● **Task statement**: What is needed is a single figure: how many lines of the records below contain the word "them".
━━━ Data to use
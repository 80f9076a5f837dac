//! What is wrong with the use of an expression at its place.

ghost use Rattle.std.specs.Prelude.{◌≡◌, ◌∷◌, ◌++◌, [], drop, IfOk, OnOk, length, unwrap_or, not, false, ◌&&◌, ◌==◌};
ghost use Rattle.pdll_syntax.specs.ExprTree.{expr, exprs, entries, name_expr, member_expr};
ghost use Rattle.pdll_syntax.specs.ExprView.{expr_form};
ghost use Rattle.pdll_syntax.specs.declared.fault.PatKind.TheVariants.{Undefined, Redefined, WrongKind, WrongArity, BadLiteral, TwoRanges, NoResultTypes, BadRoot, WrongPart};
ghost use Rattle.pdll_types.specs.Asking.{asked_of};
ghost use Rattle.pdll_types.specs.Kinds.{an_operation};
ghost use Rattle.pdll_types.specs.Mentions.{use_of, listed};
ghost use Rattle.pdll_types.specs.Sight.{kind_of, form_of};
ghost use Rattle.pdll_types.specs.Names as names;
ghost use Rattle.pdll_types.specs.KindFaults as kinds;
ghost use Rattle.pdll_types.specs.Parts as parts;
ghost use Rattle.pdll_types.specs.Accepted.{faults, is_root, numbers_of};
ghost use Rattle.pdll_types.specs.Walk.{all_noted, faults_at, step, seen_of, member_use, members_walked, asked_after};
ghost use Rattle.pdll_types.specs.declared.kind.Kind.TheVariants.{Call};

use crate::asked::Asked;
use crate::kind::Kind;
use crate::literals::literal_noted;
use crate::refs::kind_of_refs;
use crate::section::Section;
use crate::sight::{Sight, Words};
use crate::table::Table;
use crate::walk::{Walk, noted_where};
use mlir_tree::text::copy_text;
use pdll_syntax::expr::{Entry, Expr, ExprForm};
use pdll_syntax::fault::{PatFault, PatKind};
use std::alloc::{AllocError, Global};

/// The kind of an expression without numbers behind it.
fn kind_of_form(
    alloc: Global,
    table: &Table<'_>,
    sight: &Sight<'_>,
    form: &ExprForm,
) -> Result<Option<Kind>, AllocError>
    ensures { IfOk result (λ k. k ≡ kind_of table.now sight.now (expr_form form.now)) }
{
    match form {
        ExprForm::Name(name) => sight.kind(alloc, name.as_slice()),
        ExprForm::Call(name, _) => table.call_kind(alloc, name.as_slice()),
        ExprForm::Declare(_, refs) => kind_of_refs(alloc, table, refs.as_slice()),
        ExprForm::AttrLit(_) => Ok(Some(Kind::Attr)),
        ExprForm::TyLit(_) => Ok(Some(Kind::Ty)),
        ExprForm::Op(operation) => Ok(Some(Kind::Row(Some(copy_text(alloc, &operation.name)?)))),
    }
}

/// The kind of an expression.
pub fn kind_of_expr(
    alloc: Global,
    table: &Table<'_>,
    sight: &Sight<'_>,
    x: &Expr,
) -> Result<Option<Kind>, AllocError>
    ensures { IfOk result (λ k. k ≡ kind_of table.now sight.now (form_of x.now)) }
{
    if x.members.len() > 0 {
        return Ok(Some(Kind::Value));
    }
    kind_of_form(alloc, table, sight, &x.form)
}

fn is_undefined(table: &Table<'_>, sight: &Sight<'_>, form: &ExprForm) -> bool
    ensures { result ≡ names.is_undefined table.now sight.now (expr_form form.now) }
{
    match form {
        ExprForm::Name(name) => !sight.has(name.as_slice()),
        ExprForm::Call(name, _) => !table.is_callable(name.as_slice()),
        _ => false,
    }
}

fn calls_constraint(table: &Table<'_>, form: &ExprForm) -> bool
    ensures { result ≡ kinds.calls_constraint table.now (expr_form form.now) }
{
    match form {
        ExprForm::Call(name, _) => table.is_constraint(name.as_slice()),
        _ => false,
    }
}

/// Whether it declares a variable whose refs tell no kind.
fn is_untold(form: &ExprForm, kind: &Option<Kind>) -> bool
    ensures { result ≡ kinds.is_untold (expr_form form.now) kind.now }
{
    match (form, kind) {
        (ExprForm::Declare(_, _), None) => true,
        _ => false,
    }
}

fn is_wrong_kind(table: &Table<'_>, asked: Asked<'_>, form: &ExprForm, kind: &Option<Kind>) -> bool
    ensures { result ≡ kinds.is_wrong_kind table.now (asked_of asked.entry) (expr_form form.now) kind.now }
{
    match asked {
        Asked::ConstraintCall => !calls_constraint(table, form),
        _ => !(is_untold(form, kind) || asked.is_met(kind)),
    }
}

/// Whether there are as many arguments as parameters.
#[tactic(auto, using(crate::proofs::Members::count_exprs))]
fn are_as_many(arguments: &[Expr], parameters: &[Option<Kind>]) -> bool
    ensures { result ≡ (kinds.count (exprs arguments.now) == length parameters.now) }
{
    arguments.len() == parameters.len()
}

fn has_wrong_arity(table: &Table<'_>, form: &ExprForm) -> bool
    ensures { result ≡ kinds.has_wrong_arity table.now (expr_form form.now) }
{
    match form {
        ExprForm::Call(name, arguments) => table.is_callable(name.as_slice())
            && !are_as_many(arguments.as_slice(), table.parameters(name.as_slice())),
        _ => false,
    }
}

fn lacks_types(section: Section, form: &ExprForm) -> bool
    ensures { result ≡ parts.lacks_types section (expr_form form.now) }
{
    match (section, form) {
        (Section::Rewritten, ExprForm::Op(operation)) => operation.types.is_none(),
        _ => false,
    }
}

fn is_bad_root(asked: Asked<'_>, kind: &Option<Kind>) -> bool
    ensures { result ≡ parts.is_bad_root (asked_of asked.entry) kind.now }
{
    match (asked, kind) {
        (Asked::Root, Some(kind)) => !kind.is_row(),
        (Asked::Root, None) => true,
        _ => false,
    }
}

fn is_wrong_call(table: &Table<'_>, section: Section, form: &ExprForm) -> bool
    ensures { result ≡ parts.is_wrong_call table.now section (expr_form form.now) }
{
    match (section, form) {
        (Section::Matched, ExprForm::Call(name, _)) => table.is_rewrite(name.as_slice()),
        (_, ExprForm::Call(name, _)) => table.is_constraint(name.as_slice()),
        _ => false,
    }
}

/// The first fault so far, with those of entries whose names stand there twice.
#[tactic(auto, using(crate::proofs::Noting::noted_places))]
fn entries_noted(
    alloc: Global,
    least: Option<PatFault>,
    all: &[Entry],
) -> Result<Option<PatFault>, AllocError>
    ensures { IfOk result (λ l. l ≡ all_noted (faults Redefined (names.entries_twice [] (entries all.now))) least) }
{
    let mut least = least;
    let mut before = Words::new(alloc);
    for entry in all {
        let twice = before.put(entry.name.as_slice())?;
        least = noted_where(least, twice, PatKind::Redefined, entry.at);
    }
    Ok(least)
}

/// The first fault so far, with those of entries of this expression.
fn twice_noted(
    alloc: Global,
    least: Option<PatFault>,
    form: &ExprForm,
) -> Result<Option<PatFault>, AllocError>
    ensures { IfOk result (λ l. l ≡ all_noted (faults Redefined (names.twice_in_form (expr_form form.now))) least) }
{
    match form {
        ExprForm::Op(operation) => entries_noted(alloc, least, operation.entries.as_slice()),
        _ => Ok(least),
    }
}

/// Puts the kind of an expression behind the others, which is a root where one is asked for.
fn push_kind(walk: &mut Walk<'_>, asked: Asked<'_>, kind: Option<Kind>) -> Result<(), AllocError>
    ensures { OnOk result (walk.new ≡ record walk.old {
      kinds = walk.old.kinds ++ unwrap_or kind Call ∷ [];
      roots = walk.old.roots ++ numbers_of (length walk.old.kinds) (is_root (asked_of asked.entry) ∷ []);
    }) }
{
    if matches!(asked, Asked::Root) {
        let number = walk.kinds.len();
        walk.roots.push(number)?;
    }
    walk.kinds.push(kind.unwrap_or(Kind::Call))?;
    Ok(())
}

/// The first fault so far, with those of an expression of this kind at its place.
#[tactic(auto, unfolding(crate::specs::Walk::faults_at), using(crate::proofs::Noting::noted_both))]
fn use_noted(
    alloc: Global,
    table: &Table<'_>,
    walk: &Walk<'_>,
    section: Section,
    asked: Asked<'_>,
    at: usize,
    form: &ExprForm,
    kind: &Option<Kind>,
) -> Result<Option<PatFault>, AllocError>
    requires { kind.now ≡ kind_of table.now walk.now.sight (expr_form form.now) }
    ensures { IfOk result (λ l. l ≡ all_noted (faults_at table.now (seen_of walk.now) (use_of section (asked_of asked.entry) at (expr_form form.now))) walk.now.least) }
{
    let undefined = is_undefined(table, &walk.sight, form);
    let least = noted_where(walk.least, undefined, PatKind::Undefined, at);
    let least = twice_noted(alloc, least, form)?;
    let wrong_kind = is_wrong_kind(table, asked, form, kind);
    let least = noted_where(least, wrong_kind, PatKind::WrongKind, at);
    let wrong_arity = has_wrong_arity(table, form);
    let least = noted_where(least, wrong_arity, PatKind::WrongArity, at);
    let least = literal_noted(alloc, least, form)?;
    let lacks_types = lacks_types(section, form);
    let least = noted_where(least, lacks_types, PatKind::NoResultTypes, at);
    let bad_root = is_bad_root(asked, kind);
    let least = noted_where(least, bad_root, PatKind::BadRoot, at);
    let wrong_call = is_wrong_call(table, section, form);
    Ok(noted_where(least, wrong_call, PatKind::WrongPart, at))
}

/// Uses an expression without numbers behind it.
#[tactic(auto, unfolding(crate::specs::Walk::step, crate::specs::Sight::sight_behind, crate::specs::Sight::words_behind))]
pub fn use_form(
    alloc: Global,
    table: &Table<'_>,
    walk: &mut Walk<'_>,
    section: Section,
    asked: Asked<'_>,
    at: usize,
    form: &ExprForm,
) -> Result<(), AllocError>
    ensures { OnOk result (walk.new ≡ step table.now (use_of section (asked_of asked.entry) at (expr_form form.now)) walk.old) }
{
    let kind = kind_of_form(alloc, table, &walk.sight, form)?;
    let least = use_noted(alloc, table, walk, section, asked, at, form, &kind)?;
    push_kind(walk, asked, kind)?;
    walk.least = least;
    Ok(())
}

/// Whether the place asks for something else than an expression with a number behind it, which is of this kind.
fn is_wrong_member(asked: Asked<'_>, kind: &Option<Kind>) -> bool
    ensures { result ≡ kinds.is_wrong_kind [] (asked_of asked.entry) (member_expr (expr 0 (name_expr [])) 0) kind.now }
{
    match asked {
        Asked::ConstraintCall => true,
        _ => !asked.is_met(kind),
    }
}

/// Uses an expression with a number behind it: a value.
#[tactic(auto, unfolding(crate::specs::Walk::step, crate::specs::Walk::faults_at, crate::specs::Sight::sight_behind, crate::specs::Sight::words_behind), using(crate::proofs::Noting::noted_both))]
fn use_member(walk: &mut Walk<'_>, asked: Asked<'_>, at: usize) -> Result<(), AllocError>
    ensures { OnOk result (walk.new ≡ step [] (member_use (asked_of asked.entry) at) walk.old) }
{
    let kind = Some(Kind::Value);
    let wrong_kind = is_wrong_member(asked, &kind);
    let bad_root = is_bad_root(asked, &kind);
    push_kind(walk, asked, kind)?;
    walk.least = noted_where(walk.least, wrong_kind, PatKind::WrongKind, at);
    walk.least = noted_where(walk.least, bad_root, PatKind::BadRoot, at);
    Ok(())
}

/// Uses an expression with these numbers behind it, the longest part first. What is asked of what stands before them
/// comes back.
pub fn use_members<'a>(
    walk: &mut Walk<'_>,
    asked: Asked<'a>,
    at: usize,
    members: &[u16],
) -> Result<Asked<'a>, AllocError>
    ensures walked { OnOk result (walk.new ≡ members_walked (asked_of asked.entry) at (length members.now) walk.old) }
    ensures asked { IfOk result (λ a. asked_of a ≡ asked_after (asked_of asked.entry) (length members.now)) }
{
    let mut asked = asked;
    for _member in members {
        use_member(walk, asked, at)?;
        asked = Asked::Operation;
    }
    Ok(asked)
}

/// The first fault so far, with second ranges in a list of result types of a match.
#[tactic(auto, using(crate::proofs::Noting::noted_places))]
fn ranges_noted(
    alloc: Global,
    table: &Table<'_>,
    walk: &Walk<'_>,
    all: &[Expr],
) -> Result<Option<PatFault>, AllocError>
    ensures { IfOk result (λ l. l ≡ all_noted (faults TwoRanges (kinds.ranges_behind table.now walk.now.sight false (exprs all.now))) walk.now.least) }
{
    let mut least = walk.least;
    let mut one = false;
    for x in all {
        let range = match kind_of_expr(alloc, table, &walk.sight, x)? {
            Some(kind) => kind.is_range(),
            None => false,
        };
        least = noted_where(least, one && range, PatKind::TwoRanges, x.at);
        one = one || range;
    }
    Ok(least)
}

/// Looks at operands, or result types, behind them.
#[tactic(auto, unfolding(crate::specs::Walk::step, crate::specs::Walk::faults_at, crate::specs::Sight::sight_behind, crate::specs::Sight::words_behind))]
pub fn use_list(
    alloc: Global,
    table: &Table<'_>,
    walk: &mut Walk<'_>,
    section: Section,
    asked: Asked<'_>,
    all: &[Expr],
) -> Result<(), AllocError>
    ensures { OnOk result (walk.new ≡ step table.now (listed section (asked_of asked.entry) (exprs all.now)) walk.old) }
{
    if let (Section::Matched, Asked::ResultType) = (section, asked) {
        walk.least = ranges_noted(alloc, table, walk, all)?;
    }
    Ok(())
}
━━━━━━
● **Written reply**: 2